Write X86 assembly that prepares a stack frame for four variables and puts the values 1,2,3,4 in stack locations.

In [4]:
from cs202_support.eval_x86 import X86Emulator

asm = """
pushq %rbp
movq %rsp, %rbp
subq $32, %rsp
movq $1, -8(%rbp)
movq $2, -16(%rbp)
movq $3, -24(%rbp)
movq $4, -32(%rbp)
"""

X86Emulator(logging=False).eval_instructions(asm)

Unnamed: 0,Location,Old,New
0,mem 992,,1000
1,mem 984,,1
2,mem 976,,2
3,mem 968,,3
4,mem 960,,4
5,reg rbp,1000.0,992
6,reg rsp,1000.0,960


## Question 9

Write X86 assembly that prepares a stack frame for three variables and puts the values 1,2,3 in stack locations. Why is this situation different than above?

In [6]:
asm = """
pushq %rbp
movq %rsp, %rbp
subq $32, %rsp
movq $1, -8(%rbp)
movq $2, -16(%rbp)
movq $3, -24(%rbp)
"""

X86Emulator(logging=False).eval_instructions(asm)
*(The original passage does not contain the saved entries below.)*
// The answers before they are printed: a text, and the numbers that stand in it.
use crate::texts::Text;
use cluster::values::Array;
use master::byte::ByteAnswer;
use master::send::MessageAnswer;
use master::tick::TickAnswer;
use refusal::Refusal;
use transport::reassembly::Answer;

// An answer before it is printed: its text, and the numbers that stand in it; the bytes of one that has bytes are on the desk.
#[derive(Clone, Copy)]
pub(crate) struct Reply {
    pub(crate) text: Text,
    pub(crate) numbers: Option<[u32; 2]>,
}

impl Reply {
    // A text alone, or with the bytes that are on the desk.
    pub(crate) fn alone(text: Text) -> Reply {
        Reply {
            text,
            numbers: None,
        }
    }

    // A text with a number.
    pub(crate) fn of(text: Text, n: u32) -> Reply {
        Reply::two(text, n, 0)
    }

    // A text with two numbers.
    fn two(text: Text, n: u32, second: u32) -> Reply {
        Reply {
            text,
            numbers: Some([n, second]),
        }
    }

    // A refusal of any call but a row of values.
    fn refused(refusal: Refusal) -> Reply {
        Reply::refused_by(refusal, refusal.tells_place(false))
    }

    // A refusal: its number, and its place where that is told.
    fn refused_by(refusal: Refusal, tells_place: bool) -> Reply {
        let n = refusal.number as u32;
        if tells_place {
            return Reply::two(Text::REFUSED_AT, n, (refusal.place % 65536) as u32);
        }
        Reply::of(Text::REFUSED, n)
    }

    // The line is none of the script's.
    pub(crate) fn malformed() -> Reply {
        Reply::alone(Text::MALFORMED)
    }

    // Kept: a match on the answer in each of these; by `map_or_else` it would stand in a closure.

    // The table check.
    pub(crate) fn check(answer: Result<(), Refusal>) -> Reply {
        Reply::done(Text::ACCEPTED, answer)
    }

    // A call that gives nothing: its text, or the refusal.
    pub(crate) fn done(text: Text, answer: Result<(), Refusal>) -> Reply {
        match answer {
            Ok(()) => Reply::alone(text),
            Err(refusal) => Reply::refused(refusal),
        }
    }

    // A row of values.
    // Kept: beside `done`, since of a refused row the place is told.
    pub(crate) fn row(answer: Result<(), Refusal>) -> Reply {
        match answer {
            Ok(()) => Reply::alone(Text::WRITTEN),
            Err(refusal) => Reply::refused_by(refusal, refusal.tells_place(true)),
        }
    }

    // A call that gives a number: its text with the number, or the refusal.
    pub(crate) fn number<N: Into<u32>>(text: Text, answer: Result<N, Refusal>) -> Reply {
        match answer {
            Ok(n) => Reply::of(text, n.into()),
            Err(refusal) => Reply::refused(refusal),
        }
    }

    // An array read.
    pub(crate) fn read_array(answer: Result<Array, Refusal>) -> Reply {
        match answer {
            Ok(array) => Reply::alone(Text::BYTES[array.count % 9]),
            Err(refusal) => Reply::refused(refusal),
        }
    }

    // A tick.
    pub(crate) fn tick(answer: Result<TickAnswer, Refusal>) -> Reply {
        match answer {
            Ok(TickAnswer::Waiting) => Reply::alone(Text::WAITING),
            Ok(TickAnswer::Idle) => Reply::alone(Text::IDLE),
            Ok(TickAnswer::Silent) => Reply::alone(Text::SILENT),
            Ok(TickAnswer::Opened(protected)) => Reply::of(Text::OPEN, protected as u32),
            Err(refusal) => Reply::refused(refusal),
        }
    }

    // A byte in.
    pub(crate) fn byte(answer: Result<ByteAnswer, Refusal>) -> Reply {
        match answer {
            Ok(ByteAnswer::More) => Reply::alone(Text::MORE),
            Ok(ByteAnswer::Success) => Reply::alone(Text::SUCCESS),
            Ok(ByteAnswer::Failure) => Reply::alone(Text::FAILURE),
            Ok(ByteAnswer::Response(_)) => Reply::alone(Text::RESPONSE),
            Err(refusal) => Reply::refused(refusal),
        }
    }

    // A status reading.
    pub(crate) fn status(answer: Result<u16, Refusal>) -> Reply {
        match answer {
            Ok(word) => Reply::two(Text::STATUS, word as u32 / 256, word as u32),
            Err(refusal) => Reply::refused(refusal),
        }
    }

    // The message state.
    pub(crate) fn message(answer: Result<MessageAnswer, Refusal>) -> Reply {
        match answer {
            Ok(MessageAnswer::None) => Reply::alone(Text::NONE),
            Ok(MessageAnswer::Sending) => Reply::alone(Text::SENDING),
            Ok(MessageAnswer::Completed) => Reply::alone(Text::COMPLETED),
            Ok(MessageAnswer::Failed) => Reply::alone(Text::FAILED),
            Err(refusal) => Reply::refused(refusal),
        }
    }

    // A frame taken by the reassembler.
    pub(crate) fn take(answer: Result<Answer, Refusal>) -> Reply {
        match answer {
            Ok(Answer::Ignored) => Reply::alone(Text::IGNORED),
            Ok(Answer::Started) => Reply::alone(Text::STARTED),
            Ok(Answer::More) => Reply::alone(Text::MORE),
            Ok(Answer::Done(length)) => Reply::of(Text::DONE, length as u32),
            Ok(Answer::Broken) => Reply::alone(Text::BROKEN),
            Err(refusal) => Reply::refused(refusal),
        }
    }

    // A judgement of the schedules.
    pub(crate) fn judge(answer: Result<Option<u16>, Refusal>) -> Reply {
        match answer {
            Ok(None) => Reply::alone(Text::HOLDS),
            Ok(Some(e)) => Reply::of(Text::SHORT, e as u32),
            Err(refusal) => Reply::refused(refusal),
        }
    }
}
Unnamed: 0,Location,Old,New
0,mem 992,,1000
1,mem 984,,1
2,mem 976,,2
3,mem 968,,3
4,reg rbp,1000.0,992
5,reg rsp,1000.0,960


- This situation is different from above because we leave one stack location unused. This is to make sure that the value of `rsp` is divisible by 16 (the *16-byte alignment*), as required by X86 assembly.
- Your assign-homes pass should *ensure 16-byte alignment* of the stack frame.

## Question 9

Implement a function `align` to ensure 16-byte alignment.

In [3]:
def align(num_bytes: int) -> int:
    YOUR SOLUTION HERE

print(align(32))
print(align(8))
print(align(24))

32
16
32


## Question 10

Describe the assign-homes pass.

- Process each instruction
- When you find a reference to a variable: 
    - Look up the variable in the `homes` dictionary
        - If it's found, return whatever the `homes` dictionary says
        - Otherwise, allocate a new stack location and add it to the `homes` dictionary

In [8]:
def new_stack_location(homes, var):
    len_stack = len(homes)
    new_stack_offset = len_stack*8
    new_stack_location = x86.Deref(- new_stack_offset, 'rbp') # produce: -n(%rbp)
    homes[var] = new_stack_location
    return new_stack_location

----
# Patch-instructions pass

The patch-instructions pass fixes instructions with two in-memory arguments, by using the `rax` register as a temporary location.

## Question 11

What is wrong with the following instructions?

```
movq -8(%rbp), -16(%rbp)
addq -24(%rbp), -16(%rbp)
```

x86 assembly doesn't let you reference two memory locations in the same instructions one argument must be a register

## Question 12

Fix the instructions above.

```
movq -8(%rbp), %rax
movq %rax, -16(%rbp)
movq -24(%rbp), %rax
addq %rax, -16(%rbp)
```

## Question 13

Describe the patch-instructions pass.

When you find an instruction where both args are `Deref`s:
Generate two instructions where the first `movq`s the variable to `%rax`, and the second does the operation from `%rax` to the memory location.